What is hybrid push pull?
Hybrid Push-Pull split divides the body diagonally
- Hybrid Push Day: Combines upper body push (chest, shoulders) with lower body pull (hamstrings, glutes)
- Hybrid Pull Day: Combines upper body pull (back, posterior delts) with lower body push (quadriceps)
This differs from hybrid training (training for both strength and cardio) and provides an efficient way to train all major muscles in just two workouts.
How many days should I train per week?
Different training frequencies based on goals
- 2-3 days: Full Body Training for GPP (general physical preparation)

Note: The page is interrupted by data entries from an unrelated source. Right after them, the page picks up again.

// Rows in a table that the caller lends: reading and finding. Rows start at `base`; `count` of them are there.
#![tactic(auto)]

ghost use Rattle.std.specs.Prelude.{◌≡◌, [], ◌∷◌, ◌+◌, ◌*◌, ◌<◌, ◌≤◌, length, get_or, drop};
ghost use Rattle.clause.specs.Packed.{FitsBlocks};
ghost use Rattle.rows.specs.Raw.{row_width, max_weight, raw_at, raws_in, weight_in, row_weighs, raw_row, clause_in, find_from, find_spaced};

use clause::Clause;

/// Words to a row, and the greatest weight.
pub const WIDTH: usize = 6;

pub const MAX_WEIGHT: u64 = 72057594037927935;

/// A weight's low word has the 28 bits below this, its high word the 28 from it on.
pub const HIGH_UNIT: u64 = 268435456;

/// The clause of the row whose words start at this place.
pub fn clause_at(t: &[u32], at: usize) -> Clause
    requires { at + 4 ≤ length t.now }
    ensures { (result ≡ clause_in (raw_at t.now at)) × FitsBlocks result }
{
    Clause {
        a: t[at] % 16777216,
        b: t[at + 1] % 16777216,
        c: t[at + 2] % 16777216,
        d: t[at + 3] % 16777216,
    }
}

/// The clause of row k.
pub fn clause_of(t: &[u32], base: usize, k: usize) -> Clause
    requires { base + row_width * k + row_width ≤ length t.now }
    ensures { (result ≡ clause_in (raw_at t.now (base + row_width * k))) × FitsBlocks result }
{
    clause_at(t, base + WIDTH * k)
}

/// The weight of row k.
pub fn weight_of(t: &[u32], base: usize, k: usize) -> u64
    requires { base + row_width * k + row_width ≤ length t.now }
    ensures { (result ≡ weight_in (raw_at t.now (base + row_width * k))) × (result ≤ max_weight) }
{
    let at = base + WIDTH * k;
    let low = words::payload(t[at + 4]) as u64;
    let high = words::payload(t[at + 5]) as u64;
    low + high * HIGH_UNIT
}

/// Behind the sign words of the row at this place stands a weight of at least 1.
pub fn weight_there(t: &[u32], at: usize) -> bool
    requires { at + row_width ≤ length t.now }
    ensures { result ≡ row_weighs (drop at t.now) }
{
    let low = t[at + 4];
    let high = t[at + 5];
    if words::kind(low) != 6 {
        return false;
    }
    if words::kind(high) != 12 {
        return false;
    }
    if words::payload(low) + words::payload(high) == 0 {
        return false;
    }
    true
}

/// The place of a sign word that few rows share: the first with a literal.
fn telling(x: Clause) -> usize
    ensures { result < 4 }
{
    if x.a != 0 {
        return 0;
    }
    if x.b != 0 {
        return 1;
    }
    if x.c != 0 {
        return 2;
    }
    3
}

/// The word at place k of four.
fn word_at(k: usize, a: u32, b: u32, c: u32, d: u32) -> u32
    requires { k < 4 }
    ensures { result ≡ get_or (a ∷ b ∷ c ∷ d ∷ []) k 0 }
{
    if k == 0 {
        return a;
    }
    if k == 1 {
        return b;
    }
    if k == 2 {
        return c;
    }
    d
}

/// The first of `count` rows with this clause's sign words, where the rows start `width` words behind one another. One of the four words is compared
/// first, which rules out nearly every row.
pub fn find_spaced(t: &[u32], base: usize, count: usize, width: usize, x: Clause) -> Option<usize>
    requires { (base + width * count ≤ length t.now) × (4 ≤ width) × FitsBlocks x }
    ensures { result ≡ find_spaced width (raw_row x 0) 0 count (drop base t.now) }
{
    let a = words::signs(0, x.a);
    let b = words::signs(1, x.b);
    let c = words::signs(2, x.c);
    let d = words::signs(3, x.d);
    let tell = telling(x);
    let word = word_at(tell, a, b, c, d);
    for k in 0..count {
        let at = base + width * k;
        if t[at + tell] == word
            && t[at] == a
            && t[at + 1] == b
            && t[at + 2] == c
            && t[at + 3] == d
        {
            return Some(k);
        }
    }
    None
}

/// The first row with this clause's sign words, of rows of six words.
#[tactic(auto, using(crate::proofs::Searching::spaced_by_six))]
pub fn find(t: &[u32], base: usize, count: usize, x: Clause) -> Option<usize>
    requires { (base + row_width * count ≤ length t.now) × FitsBlocks x }
    ensures { result ≡ find_from (raw_row x 0) 0 (raws_in t.now base count) }
{
    find_spaced(t, base, count, WIDTH, x)
}
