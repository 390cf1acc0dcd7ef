// Clauses by value: twelve signs in four blocks of 24 bits, so that union and comparison take four operations and a row's words need no unpacking.
#![tactic(auto)]

ghost use Rattle.std.specs.Prelude.{◌≡◌, List, ℕ, ◌<◌, ◌≤◌, ◌-◌, ◌/◌, ◌%◌, ◌+◌, ◌*◌, get_or, set, replicate};
ghost use Rattle.std.specs.Int.Bits.{bit_and};
ghost use Rattle.wcsp.specs.Clause.{ValidClause, tautology, same, bucket};
ghost use Rattle.wcsp.specs.Rule.{joined, others, nested, clashing, permitted};
ghost use Rattle.words.specs.Layout.{unpacked};
ghost use Rattle.clause.specs.Packed.{any_equal, signs_of, FitsBlocks, Holds, FullSigns};

#[derive(Clone, Copy)]
pub struct Clause {
    pub a: u32,
    pub b: u32,
    pub c: u32,
    pub d: u32,
}

/// The sign at place k of a block.
fn sign_in(block: u32, k: u32) -> u32
    requires { (block < 16777216) × (k < 3) }
    ensures { (result ≡ get_or (unpacked block) k 0) × (result < 256) }
{
    match k {
        0 => block % 256,
        1 => block / 256 % 256,
        2..=4294967295 => block / 65536,
    }
}

/// The block with the sign at place k replaced.
fn block_with(block: u32, k: u32, sign: u32) -> u32
    requires { (block < 16777216) × (k < 3) × (sign < 256) }
    ensures { (unpacked result ≡ set (unpacked block) k sign) × (result < 16777216) }
{
    match k {
        0 => block / 256 * 256 + sign,
        1 => block / 65536 * 65536 + sign * 256 + block % 256,
        2..=4294967295 => sign * 65536 + block % 65536,
    }
}

/// Some sign of the block is the full one beside it.
fn block_full(x: u32, full: u32) -> bool
    requires { (x < 16777216) × (full < 16777216) }
    ensures { result ≡ any_equal (unpacked x) (unpacked full) }
{
    if x % 256 == full % 256 {
        return true;
    }
    if x / 256 % 256 == full / 256 % 256 {
        return true;
    }
    x / 65536 == full / 65536
}

/// The place of the block's first sign that is not 0, 3 if there is none.
fn first_in(block: u32) -> u32
    requires { block < 16777216 }
    ensures { (result ≡ bucket (unpacked block)) × (result ≤ 3) }
{
    if block % 256 != 0 {
        return 0;
    }
    if block % 65536 != 0 {
        return 1;
    }
    if block != 0 {
        return 2;
    }
    3
}

/// One sign lies within the other, either way round.
pub fn nest(s: u32, t: u32) -> bool
    ensures { result ≡ nested s t }
{
    let met = s & t;
    if met == s {
        return true;
    }
    met == t
}

impl Clause {
    /// The clause with no literal.
    pub fn empty() -> Self
        ensures { Holds result (replicate 12 0) }
    {
        Self {
            a: 0,
            b: 0,
            c: 0,
            d: 0,
        }
    }

    pub fn sign(self, v: u32) -> u32
        requires { FitsBlocks self × (v < 12) }
        ensures { (result ≡ get_or (signs_of self) v 0) × (result < 256) }
    {
        let k = v % 3;
        match v {
            0..=2 => sign_in(self.a, k),
            3..=5 => sign_in(self.b, k),
            6..=8 => sign_in(self.c, k),
            9..=4294967295 => sign_in(self.d, k),
        }
    }

    /// The clause with one variable's sign replaced.
    pub fn replaced(mut self, v: u32, sign: u32) -> Self
        requires { FitsBlocks self × (v < 12) × (sign < 256) }
        ensures { Holds result (set (signs_of self) v sign) }
    {
        let k = v % 3;
        match v {
            0..=2 => {
                self.a = block_with(self.a, k, sign);
                self
            }
            3..=5 => {
                self.b = block_with(self.b, k, sign);
                self
            }
            6..=8 => {
                self.c = block_with(self.c, k, sign);
                self
            }
            9..=4294967295 => {
                self.d = block_with(self.d, k, sign);
                self
            }
        }
    }

    /// The clause with one variable's sign complemented within the full sign.
    pub fn complemented(mut self, v: u32, full: u32) -> Self
        requires { FitsBlocks self × (v < 12) × (get_or (signs_of self) v 0 ≤ full) × (full < 256) }
        ensures { Holds result (set (signs_of self) v (full - get_or (signs_of self) v 0)) }
    {
        self = self.replaced(v, full - self.sign(v));
        self
    }

    /// The union with another clause: the signs joined at every variable.
    pub fn union(mut self, other: Clause) -> Self
        requires { FitsBlocks self × FitsBlocks other }
        ensures { Holds result (joined (signs_of self) (signs_of other)) }
    {
        self.a = self.a | other.a;
        self.b = self.b | other.b;
        self.c = self.c | other.c;
        self.d = self.d | other.d;
        self
    }

    /// The union but at one variable, where the signs meet.
    pub fn met_at(self, other: Clause, v: u32) -> Self
        requires { FitsBlocks self × FitsBlocks other × (v < 12) }
        ensures { Holds result (set (joined (signs_of self) (signs_of other)) v (bit_and (get_or (signs_of self) v 0) (get_or (signs_of other) v 0))) }
    {
        self.union(other).replaced(v, self.sign(v) & other.sign(v))
    }

    /// Some sign is full.
    pub fn is_tautology(self, fulls: Clause) -> bool
        requires { FitsBlocks self × FitsBlocks fulls }
        ensures { (ds : List ℕ) → FullSigns fulls ds → result ≡ tautology ds (signs_of self) }
    {
        if block_full(self.a, fulls.a) {
            return true;
        }
        if block_full(self.b, fulls.b) {
            return true;
        }
        if block_full(self.c, fulls.c) {
            return true;
        }
        block_full(self.d, fulls.d)
    }

    /// The lowest variable present, 12 if there is none.
    pub fn lowest(self) -> u32
        requires { FitsBlocks self }
        ensures { (result ≡ bucket (signs_of self)) × (result ≤ 12) }
    {
        if self.a != 0 {
            return first_in(self.a);
        }
        if self.b != 0 {
            return 3 + first_in(self.b);
        }
        if self.c != 0 {
            return 6 + first_in(self.c);
        }
        9 + first_in(self.d)
    }

    pub fn equals(self, other: Clause) -> bool
        requires { FitsBlocks self × FitsBlocks other }
        ensures { result ≡ same (signs_of self) (signs_of other) }
    {
        if self.a != other.a {
            return false;
        }
        if self.b != other.b {
            return false;
        }
        if self.c != other.c {
            return false;
        }
        self.d == other.d
    }

    /// At some variable other than v the union of two valid clauses is full. Both are present there, since neither sign alone is full.
    pub fn clashes(self, other: Clause, v: u32, fulls: Clause) -> bool
        requires { FitsBlocks self × FitsBlocks other × FitsBlocks fulls × (v < 12) }
        ensures { (ds : List ℕ) → FullSigns fulls ds → ValidClause ds (signs_of self) → ValidClause ds (signs_of other) → result ≡ clashing ds (others v (signs_of self)) (others v (signs_of other)) }
    {
        self.union(other).replaced(v, 0).is_tautology(fulls)
    }

    /// Two valid clauses may be resolved on v.
    pub fn may_resolve(self, other: Clause, v: u32, fulls: Clause) -> bool
        requires { FitsBlocks self × FitsBlocks other × FitsBlocks fulls × (v < 12) }
        ensures { (ds : List ℕ) → FullSigns fulls ds → ValidClause ds (signs_of self) → ValidClause ds (signs_of other) → result ≡ permitted ds v (signs_of self) (signs_of other) }
    {
        if nest(self.sign(v), other.sign(v)) {
            return false;
        }
        !self.clashes(other, v, fulls)
    }
}
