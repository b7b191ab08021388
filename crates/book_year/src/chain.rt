//! The walk along a year's runs, in order of day.
ghost use Rattle.std.specs.Prelude.{◌≡◌, ◌≤◌, All, length, Option, Some, None, IfOk};
ghost use Rattle.std.specs.Bool.{OnFalse};
ghost use Rattle.std.specs.List.{AllByRecursion};
ghost use Rattle.std.specs.Option.{option_map};
ghost use Rattle.payroll_records.specs.declared.day.Day.{Day as Date};
ghost use Rattle.plan_calendar.specs.Picking.{Entry, plan_of};
ghost use Rattle.carry_bindings.specs.Conditions.{AreBounded};
ghost use Rattle.carry_bindings.specs.declared.filling.Filled.TheVariants.{Inputs as HasInputs};
ghost use Rattle.carry_bindings.specs.Limits.{most_runs};
ghost use Rattle.pap_plan.specs.Plans.{Admits};
ghost use Rattle.book_year.specs.Accepted.{Accepted};
ghost use Rattle.book_year.specs.Rows.{Job, job_of, row_of, row_filled};
ghost use Rattle.book_year.specs.Jobs.{same_inputs, new_job, Counts};
ghost use Rattle.book_year.specs.Kept.{IsOld};
ghost use Rattle.book_year.specs.Picks.{planned_before, planned_after, KnowsSame, ArePicks, picked_plan};
ghost use Rattle.book_year.specs.private.ChainClauses.{old_parts, outcome_job, IsOldJob, KeepsOutputs, IsRan, CountsRun};
ghost use Rattle.book_year.specs.ChainClauses.{old_jobs, chain_cost, IsChain, KeepsFront};
ghost use Rattle.book_year.specs.private.ChainClauses.{IsChainRest, PlanReadsNothing};

use crate::done::{Done, copied, copy_of, lent_front};
use crate::outcome::{Outcome, State, Work};
use crate::picks::{Picked, Picks};
use crate::records::place_run;
use carry_bindings::{Earlier, Filled};
use limits_file::Items;
use pay_run::{filled, reads_earlier, run};
use payroll_records::{Day, NamedValue, Record};
use scaled_decimal::Dec;
use std::alloc::{AllocError, Global};
use std::sync::ledger::Ledger;
use steps::Steps;

/// What is kept of a year before an edit: its records in order of day, and what each came to.
#[derive(Clone, Copy)]
pub struct Old<'a> {
    /// In order of day.
    pub records: &'a [Record],
    /// In the order of the records.
    pub outcomes: &'a [Outcome],
}

/// The inputs and outputs of a run that has run.
#[derive(Clone, Copy)]
pub(crate) struct OldJob<'a> {
    pub(crate) inputs: &'a Items<Dec>,
    pub(crate) outputs: &'a Items<NamedValue>,
}

/// A run's outcome, and the work that it took.
#[derive(Drop)]
pub(crate) struct Ran {
    pub(crate) outcome: Outcome,
    pub(crate) work: Work,
}

/// A year's outcomes computed for an edit, and the work that it took.
#[derive(Drop)]
pub struct Recalculated {
    /// In order of day.
    pub outcomes: Vec<Outcome>,
    /// Of the runs whose job is new.
    pub work: Work,
}

/// What a year's runs came to behind the first `kept` ones, whose outcomes stay; and the work that
/// they took.
#[derive(Drop)]
pub(crate) struct Rest {
    pub(crate) kept: usize,
    pub(crate) outcomes: Vec<Outcome>,
    pub(crate) work: Work,
}

/// Computes a year's runs in order of day, and runs those whose job isn't the old one of their day.
/// The first `kept` runs are as they were, with their plans: what they came to is taken as it is
/// kept. The counter rises by exactly the steps of those that are run; where memory runs out it may
/// have risen by some of them.
pub fn recalculate<L: Ledger>(
    alloc: Global,
    picks: &Picks,
    old: Old,
    kept: usize,
    records: &[&Record],
    steps: &mut Steps<L>,
) -> Result<Recalculated, AllocError>
    requires picks { ArePicks picks.now }
    requires old { IsOld (planned_before picks.now) old }
    requires front { KeepsFront picks.now old records.now kept }
    requires few { length records.now ≤ most_runs }
    ensures done { IfOk result (IsChain picks.now old.entry records.now) }
    ensures counted { Counts result steps.old steps.new
        (chain_cost picks.now old.entry records.now) }
{
    let mut rest = recalculate_rest(alloc, picks, old, kept, records, steps)?;
    let mut outcomes = copied(alloc, old.outcomes, kept)?;
    outcomes.append(&mut rest.outcomes)?;
    Ok(Recalculated {
        outcomes,
        work: rest.work,
    })
}

/// Computes the runs of a year behind its first `kept`, whose outcomes stay where they are. In all
/// else as `recalculate`.
pub(crate) fn recalculate_rest<L: Ledger>(
    alloc: Global,
    picks: &Picks,
    old: Old,
    kept: usize,
    records: &[&Record],
    steps: &mut Steps<L>,
) -> Result<Rest, AllocError>
    requires picks { ArePicks picks.now }
    requires old { IsOld (planned_before picks.now) old }
    requires front { KeepsFront picks.now old records.now kept }
    requires few { length records.now ≤ most_runs }
    ensures kept { IfOk result (λ rest. rest.kept ≡ kept) }
    ensures done { IfOk result (IsChainRest picks.now old.entry records.now) }
    ensures counted { Counts result steps.old steps.new
        (chain_cost picks.now old.entry records.now) }
{
    let runs_left = &records[kept..];
    let reads = some_reads(picks, runs_left);
    let earlier = lent_front(alloc, old, kept, reads)?;
    let mut done = Done {
        outcomes: Vec::new(alloc),
        earlier,
    };
    let mut runs = 0;
    let mut taken = 0;
    for item in runs_left {
        let ran = next_run(alloc, picks, old, item, done.earlier.as_slice(), steps)?;
        runs += ran.work.runs;
        taken += ran.work.steps;
        done.push(alloc, item.day, ran.outcome, reads)?;
    }
    Ok(Rest {
        kept,
        outcomes: done.outcomes,
        work: Work { runs, steps: taken },
    })
}

/// Whether the plan of some run's day reads what earlier runs came to.
fn some_reads(picks: &Picks, records: &[&Record]) -> bool
    requires { ArePicks picks.now }
    ensures { OnFalse result
        (All (λ item. PlanReadsNothing (planned_after picks.now item.now.day)) records.now) }
{
    for item in records {
        if plan_reads(picks, item.day) {
            return true;
        }
    }
    false
}

/// Whether a day has a plan that reads what earlier runs came to.
fn plan_reads(picks: &Picks, day: Day) -> bool
    requires { ArePicks picks.now }
    ensures { OnFalse result (PlanReadsNothing (planned_after picks.now day)) }
{
    match picks.pick(day) {
        Some(picked) => reads_earlier(picked.plan),
        None => false,
    }
}

/// Whether the inputs are the same, with the same scales.
fn same_inputs(a: &Items<Dec>, b: &Items<Dec>) -> bool
    ensures { result ≡ same_inputs a.now b.now }
{
    a.as_slice() == b.as_slice()
}

/// The outputs of the old job, where it is the new one.
fn kept_outputs<'a>(
    old: Option<OldJob<'a>>,
    same: bool,
    inputs: &Items<Dec>,
) -> Option<&'a Items<NamedValue>>
    ensures { (was : Option (Entry Accepted)) (job : Option Job) (e : Entry Accepted)
        → KnowsSame was (Some e) same → IsOldJob was job old.entry
        → KeepsOutputs (new_job job (Some (job_of (plan_of e) inputs.now)))
        (job_of (plan_of e) inputs.now) result }
{
    let job = old?;
    if !same {
        return None;
    }
    if !same_inputs(job.inputs, inputs) {
        return None;
    }
    Some(job.outputs)
}

/// The outcome of a run whose inputs are known. It runs where they or the plan's texts are new.
fn run_job<L: Ledger>(
    alloc: Global,
    picked: Picked,
    old: Option<OldJob>,
    inputs: Items<Dec>,
    steps: &mut Steps<L>,
) -> Result<Ran, AllocError>
    requires { Admits picked.plan.now inputs }
    ensures ran { (was : Option (Entry Accepted)) (job : Option Job) (day : Date)
        → KnowsSame was (Some (picked_plan picked.entry)) picked.entry.same
        → IsOldJob was job old.entry
        → IfOk result (IsRan (row_filled (picked_plan picked.entry) day (HasInputs inputs)) job) }
    ensures counted { CountsRun result steps.old steps.new }
{
    if let Some(outputs) = kept_outputs(old, picked.same, &inputs) {
        let outputs = copy_of(alloc, outputs)?;
        return Ok(Ran {
            outcome: finished(picked.day, inputs, outputs),
            work: Work { runs: 0, steps: 0 },
        });
    }
    let ran = run(alloc, picked.plan, inputs.as_slice(), steps)?;
    Ok(Ran {
        outcome: finished(picked.day, inputs, ran.outputs),
        work: Work {
            runs: 1,
            steps: ran.cost,
        },
    })
}

/// The outcome of a run that has run.
fn finished(plan: Day, inputs: Items<Dec>, outputs: Items<NamedValue>) -> Outcome
    ensures { result ≡ record {
      plan = Some plan;
      inputs = Some inputs;
      state = State.Done outputs;
    } }
{
    Outcome {
        plan: Some(plan),
        inputs: Some(inputs),
        state: State::Done(outputs),
    }
}

/// The run of a record, after the earlier ones of its year.
fn next_run<L: Ledger>(
    alloc: Global,
    picks: &Picks,
    old: Old,
    item: &Record,
    earlier: &[Earlier],
    steps: &mut Steps<L>,
) -> Result<Ran, AllocError>
    requires picks { ArePicks picks.now }
    requires old { IsOld (planned_before picks.now) old }
    requires few { length earlier.now ≤ most_runs }
    requires bounded { AllByRecursion (λ e. AreBounded e.outputs) earlier.now }
    ensures ran { IfOk result
        (IsRan (row_of (planned_after picks.now item.now.day) earlier.now item.now)
        (old_jobs picks.now old.entry item.now.day)) }
    ensures counted { CountsRun result steps.old steps.new }
{
    let Some(picked) = picks.pick(item.day) else {
        return Ok(idle(None, State::NoPlan));
    };
    match filled(alloc, picked.plan, item, earlier)? {
        Filled::State(why) => Ok(idle(Some(picked.day), State::Blocked(why))),
        Filled::Inputs(inputs) => run_job(
            alloc,
            picked,
            old_job(picks, old, item.day),
            inputs,
            steps,
        ),
    }
}

/// A run without inputs.
fn idle(plan: Option<Day>, state: State) -> Ran
    ensures { result ≡ record {
      outcome = record { plan = plan; inputs = None; state = state };
      work = record { runs = 0; steps = 0 };
    } }
{
    Ran {
        outcome: Outcome {
            plan,
            inputs: None,
            state,
        },
        work: Work { runs: 0, steps: 0 },
    }
}

/// The job that a day had, where it had one.
fn old_job<'a>(picks: &Picks, old: Old<'a>, day: Day) -> Option<OldJob<'a>>
    requires { IsOld (planned_before picks.now) old }
    ensures { IsOldJob (planned_before picks.now day) (old_jobs picks.now old.entry day) result }
{
    let Ok(at) = place_run(old.records, day) else {
        return None;
    };
    job_of(&old.outcomes[at])
}

/// The inputs and outputs of an outcome that has both.
fn job_of(outcome: &Outcome) -> Option<OldJob<'_>>
    ensures { option_map old_parts result ≡ outcome_job outcome.now }
{
    let inputs = outcome.inputs.as_ref()?;
    match &outcome.state {
        State::Done(outputs) => Some(OldJob { inputs, outputs }),
        _ => None,
    }
}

- 4 days: PAC or Hybrid Push-Pull for time-efficient hypertrophy
- 6 days: Push Pull Legs for maximal hypertrophy
- 2 days: Heavy compound lifts for maximal strength
How many reps and sets for muscle growth?
Based on the workout examples, for muscle growth (hypertrophy)
- Main compound exercises: 3-5 sets of 8-12 reps
- Isolation exercises: 3 sets of 10-15 reps
What’s most important for muscle growth is calorie surplus (200-500 kcal), consistent progressive overload (~5% weekly), and higher training volume (10-20 sets per muscle weekly).